The intervention and prevention programs need to also focus more on increasing prosocial behaviors. Children who have higher pro-social behavior are more likely to display lower levels of peer victimization (Coleman & Byrd, 2003; Griese, Buhs, & Lester, 2016). Pro-social behavior is behavior that is intended to benefit others (Eisenberg, Fabes, & Spinrad, 2006). These behaviors often take the form of helping, sharing, or other acts of kindness (Carlo, Crokett, Randall, & Roesch, 2007). Youths who are well-accepted by their peers are more likely to display pro-social behaviors more frequently and tend to benefit from attendant, positive peer interactions, thus increasing the number of opportunities they have to practice pro-social behaviors. For students who are not wellaccepted by their peers, they are less likely to benefit from the positive socialization cycle (Wentzel & Mc Ñamara, 1999; Griese et al., 2016). Children with pro-social behaviors are less likely to indicate stress with their peer relationships, and in turn, less likely to experience peer victimization (Coleman & Byrd, 2003; Griese et al., 2016). Cultivation of positive peer relationship is an essential key to reducing rates of peer victimization.
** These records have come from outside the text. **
//! Goes down one path of the search tree of a status file, a packages file and some actions, and says how many choices it
//! took; then makes the open list at its end anew, and the list after one more choice, as often as it is told to. It may keep
//! further copies of the problem. How long that takes, and how much memory, is measured from outside.
#![tactic(auto)]

ghost use Rattle.std.specs.Prelude.{◌≡◌, IfOk};
ghost use Rattle.broken_deps.specs.Opening.{open_deps};

use broken_deps::BrokenList;
use choice_set::{ChoiceSet, NoMemory};
use problem::Problem;
use std::alloc::Global;
use std::{env, fs, io};
use universe::{BuildEnd, Universe};
use wanted::{Wanted, WantedEnd};

// A set of choices with the list of what is open at it.
#[derive(Drop)]
struct Place {
    set: ChoiceSet,
    list: BrokenList,
}

// How often the two lists are made.
#[derive(Clone, Copy)]
struct Times {
    choices: u32,
    plain: u32,
    after: u32,
    copies: u32,
}

// The last resolver of the first open dependency, if there is one.
fn next_choice(alloc: Global, problem: &Problem, place: &Place) -> Result<Option<u32>, NoMemory> {
    let Some(dep) = place.list.first() else {
        return Ok(None);
    };
    if dep >= problem.deps() || !problem.is_open(&place.set, dep) {
        return Ok(None);
    }
    let resolvers = problem.resolvers(alloc, dep, &place.set)?;
    Ok(resolvers.as_slice().last().copied())
}

// The place with one more choice.
fn step(alloc: Global, problem: &Problem, place: &Place, choice: u32) -> Result<Place, NoMemory>
    requires { place.now.list ≡ open_deps problem.now place.now.set }
    ensures { IfOk result (λ place. place.list ≡ open_deps problem.now place.set) }
{
    let list = place.list.after(alloc, problem, &place.set, choice)?;
    let set = place.set.with(alloc, choice)?;
    Ok(Place { set, list })
}

// The place at the empty set.
fn start(alloc: Global, problem: &Problem) -> Result<Place, NoMemory>
    ensures { IfOk result (λ place. place.list ≡ open_deps problem.now place.set) }
{
    let set = ChoiceSet::empty(alloc);
    let list = BrokenList::plain(alloc, problem, &set)?;
    Ok(Place { set, list })
}

// The place after so many choices, or where nothing is open or has no resolver.
fn descend(alloc: Global, problem: &Problem, choices: u32) -> Result<Place, NoMemory>
    ensures { IfOk result (λ place. place.list ≡ open_deps problem.now place.set) }
{
    let mut place = start(alloc, problem)?;
    for _ in 0..choices {
        let Some(choice) = next_choice(alloc, problem, &place)? else {
            return Ok(place);
        };
        place = step(alloc, problem, &place, choice)?;
    }
    Ok(place)
}

// Makes the list at a set so many times, and adds up the least of each.
fn plain_sum(
    alloc: Global,
    problem: &Problem,
    set: &ChoiceSet,
    times: u32,
) -> Result<u64, NoMemory> {
    let mut sum: u64 = 0;
    for _ in 0..times {
        let list = BrokenList::plain(alloc, problem, set)?;
        sum = sum.wrapping_add(u64::from(list.first().unwrap_or(0)));
    }
    Ok(sum)
}

// Makes the list after one more choice so many times, and adds up the least of each.
fn after_sum(alloc: Global, problem: &Problem, place: &Place, times: u32) -> Result<u64, NoMemory>
    requires { place.now.list ≡ open_deps problem.now place.now.set }
{
    let mut sum: u64 = 0;
    let Some(choice) = next_choice(alloc, problem, place)? else {
        return Ok(sum);
    };
    for _ in 0..times {
        let list = place.list.after(alloc, problem, &place.set, choice)?;
        sum = sum.wrapping_add(u64::from(list.first().unwrap_or(0)));
    }
    Ok(sum)
}

// What is printed of a problem.
#[derive(Drop)]
struct Found {
    broken: usize,
    choices: usize,
    plain: u64,
    after: u64,
}

fn find(alloc: Global, problem: &Problem, times: Times) -> Result<Found, NoMemory> {
    let place = descend(alloc, problem, times.choices)?;
    Ok(Found {
        broken: problem.broken_at_start().len(),
        choices: place.set.len(),
        plain: plain_sum(alloc, problem, &place.set, times.plain)?,
        after: after_sum(alloc, problem, &place, times.after)?,
    })
}

// Further copies of the problem of a universe with some actions.
fn copies(
    alloc: Global,
    universe: &Universe,
    words: &[String],
    count: u32,
) -> Result<Vec<Problem>, WantedEnd> {
    let mut list = Vec::new(alloc);
    for _ in 0..count {
        let Ok(()) = list.push(wish(alloc, universe, words)?) else {
            return Err(WantedEnd::NoMemory);
        };
    }
    Ok(list)
}

// The problem of a universe with some actions.
fn wish(alloc: Global, universe: &Universe, words: &[String]) -> Result<Problem, WantedEnd> {
    let wanted = Wanted::read(alloc, universe, words)?;
    match wanted::to_problem(alloc, universe, &wanted) {
        Ok(problem) => Ok(problem),
        Err(_) => Err(WantedEnd::NoMemory),
    }
}

// How many targets all dependencies have together.
fn target_count(problem: &Problem) -> u64 {
    let mut count: u64 = 0;
    for dep in 0..problem.deps() {
        count = count.wrapping_add(problem.targets(dep).len() as u64);
    }
    count
}

fn number(word: Option<String>) -> u32 {
    match word {
        Some(word) => word.as_str().parse::<u32>().unwrap_or(0),
        None => 0,
    }
}

// A refusal that was told: the program ends with a status other than 0.
fn refuse(told: io::Result<()>) -> io::Result<()> {
    told?;
    Err(io::Error::from(io::ErrorKind::InvalidInput))
}

fn run(rt: &HostRuntime, universe: &Universe, words: &[String], times: Times) -> io::Result<()> {
    let Ok(problem) = wish(rt.alloc(), universe, words) else {
        return refuse(println!(rt; "no such action"));
    };
    let Ok(copies) = copies(rt.alloc(), universe, words, times.copies) else {
        return refuse(println!(rt; "no memory"));
    };
    match find(rt.alloc(), &problem, times) {
        Ok(found) => println!(rt;
            "{} packages, {} versions, {} dependencies on {}, {} broken at the start, {} choices: {} {}, {} copies",
            problem.packages(),
            problem.versions(),
            problem.deps(),
            target_count(&problem),
            found.broken,
            found.choices,
            found.plain,
            found.after,
            copies.len()
        ),
        Err(_) => refuse(println!(rt; "no memory")),
    }
}

fn main(rt: HostRuntime) -> io::Result<()> {
    let mut words = env::args(&rt)?;
    let _program = words.next();
    let (Some(status), Some(packages)) = (words.next(), words.next()) else {
        return refuse(println!(rt;
            "usage: step_bench STATUS PACKAGES CHOICES PLAIN AFTER COPIES [ACTION ...]"
        ));
    };
    let times = Times {
        choices: number(words.next()),
        plain: number(words.next()),
        after: number(words.next()),
        copies: number(words.next()),
    };
    let mut actions = Vec::new(rt.alloc());
    for word in words {
        actions.push(word)?;
    }
    let status = fs::read(&rt, status.as_str())?;
    let packages = fs::read(&rt, packages.as_str())?;
    match Universe::build(rt.alloc(), &status, &packages, b"amd64") {
        Ok(universe) => run(&rt, &universe, actions.as_slice(), times),
        Err(BuildEnd::BadInput { file, line, kind }) => {
            refuse(println!(rt; "{file:?}, line {line}: {kind:?}"))
        }
        Err(BuildEnd::Limit { which, count }) => refuse(println!(rt; "{which:?}: {count}")),
        Err(BuildEnd::NoMemory) => refuse(println!(rt; "no memory")),
    }
}
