// Whole runs over objects in memory. The expected bytes are worked by hand from the rules of the dialogue.
use apt_base::{MemShelf, MemSink, MemSource};
use resolve_cli::{Report, Status, deliveries_are_minimal, run_alone};
use std::alloc::Global;
use std::test::Fail;

const WORDS: [&str; 6] = [
    "aptres",
    "--status",
    "status",
    "--packages",
    "packages",
    "a=2",
];

const STATUS: &str =
    "Package: a\nStatus: install ok installed\nArchitecture: all\nVersion: 1\nDepends: b\n\nPackage: b\nStatus: install ok installed\nArchitecture: all\nVersion: 1\n";

const PACKAGES: &str =
    "Package: a\nArchitecture: all\nVersion: 2\nDepends: b (>= 2)\n\nPackage: b\nArchitecture: all\nVersion: 2\n";

const INPUT: &str = "next\nreject b=2\nnext\naccept\nnext\n";

const WHOLE: &str =
    "aptres: 2 packages, 4 versions, 2 dependencies, 1 broken\n[0/0]> Solution 1 cost 0 0 1\n  b=2\n[1/1]> Marked\n[1/1]> Solution 2 cost 0 1 1\n  a=1\n[2/2]> Accepted\n";

/// The words of the command line.
pub fn words(alloc: Global) -> Result<Vec<String>, Fail> {
    let mut list = Vec::new(alloc);
    for word in WORDS {
        list.push(String::from_str(alloc, word)?)?;
    }
    Ok(list)
}

/// A shelf with the two files.
pub fn shelf(alloc: Global) -> Result<MemShelf, Fail> {
    let mut files = Vec::new(alloc);
    for (name, text) in [("status", STATUS), ("packages", PACKAGES)] {
        let name = String::from_str(alloc, name)?;
        files.push((name, Vec::from_slice(alloc, text.as_bytes())?))?;
    }
    Ok(MemShelf::new(alloc, files, 7, Vec::new(alloc)))
}

// Whether the run read four lines, ended with an accepted solution, and wrote the whole transcript.
fn is_whole(report: &Report, written: &[u8]) -> bool {
    report.status == Status::Accepted && report.lines_read == 4 && written == WHOLE.as_bytes()
}

#[test]
fn a_run_writes_its_transcript(rt: HostRuntime) -> Result<(), Fail> {
    let alloc = rt.alloc();
    let words = words(alloc)?;
    let mut shelf = shelf(alloc)?;
    let bytes = Vec::from_slice(alloc, INPUT.as_bytes())?;
    let mut input = MemSource::new(bytes, 7, Vec::new(alloc));
    let Ok(mut out) = MemSink::new(alloc, 1_000, 7, Vec::new(alloc)) else {
        return Err(Fail::new("no memory"));
    };
    let report = run_alone(alloc, words.as_slice(), &mut shelf, &mut input, &mut out);
    deliveries_are_minimal();
    assert!(rt; is_whole(&report, out.written()));
    Ok(())
}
To have an effective prevention and intervention of peer victimization program, several parties such as school, students, teachers, parents, and communities, need to take a part in the effort. The example of this type of prevention and intervention is called WITS which stands for Walk away (and seek help), Ignore it (and seek help), Talk it out (and seek help), and Seek help. The WITS acronym gives children simple, developmentally appropriate conflict resolution strategies for handling peer conflicts. The program is a community-based, school-wide intervention that targets children's socially competent behaviors and risks for peer victimization in Grades 1-3. The program provides developmentally appropriate curricula for elementary school children that teachers and schools can easily adopt; offers online training for teachers and schools to build capacity and sustain the program; and starts early when children's vulnerabilities to are established and may be most amenable to change (Hoglund, Hosan, & Leadbeater, 2012). The theory of change is a principle theory of WITS. The theory of change proposes to reduce children's risks for peer victimization through its program messages and activities that enhance adults' responsiveness and indirectly through its focus on enhancing all children's conflict resolution skills and social competencies (Hoglund et al., 2012; Leadbeater & Hoglund, 2009; Troop-Gordon & Ladd, 2005). A six-year follow-up evaluation of WITS program has shown that the program was modestly effective in reducing the risk of peer victimization during the elementary years. WITS significantly reduced levels of physical and relational victimization across elementary school. However, the program did not show significant effects for help-seeking and internalizing. Researchers suggested that the implementation of peer victimization program in early elementary school may need to be sustained to maintain the promising early intervention gains through the transition into middle school (Hoglund et al., 2012).
Conclusion
Despite the focus of peer victimization among scholars and policy makers in recent years, the number of children who were victimized by peer is still astonishing. The dangers of peer victimization have been extensively studied. Researchers unswervingly found the negatives effects of victimization by peers. These negative impacts contribute to various maladaptive issues in children that include internalizing, externalizing, and somatic problems. To respond to this epidemic, researchers and scholars have created programs to intervene and prevent peer victimization. The evidence-based programs of peer victimization have been implemented around the world. These programs need to target several strategies simultaneously for example, the individual level strategies that focus on strengthening children's abilities to effectively solve difficulties and promote pro-social activities; the relationship level strategies where address the important of positive relationships between students, and their pro-social peers, teachers, parents, and community; the community level strategies that emphasis on the social environment of schools such as effective classroom management practices, promoting cooperative learning techniques, well-trained educators on peer victimization issues, and provide necessary support for diverse populations in schools; societal level strategies that promote positive social and cultural climate surround schools (CDC, 2016).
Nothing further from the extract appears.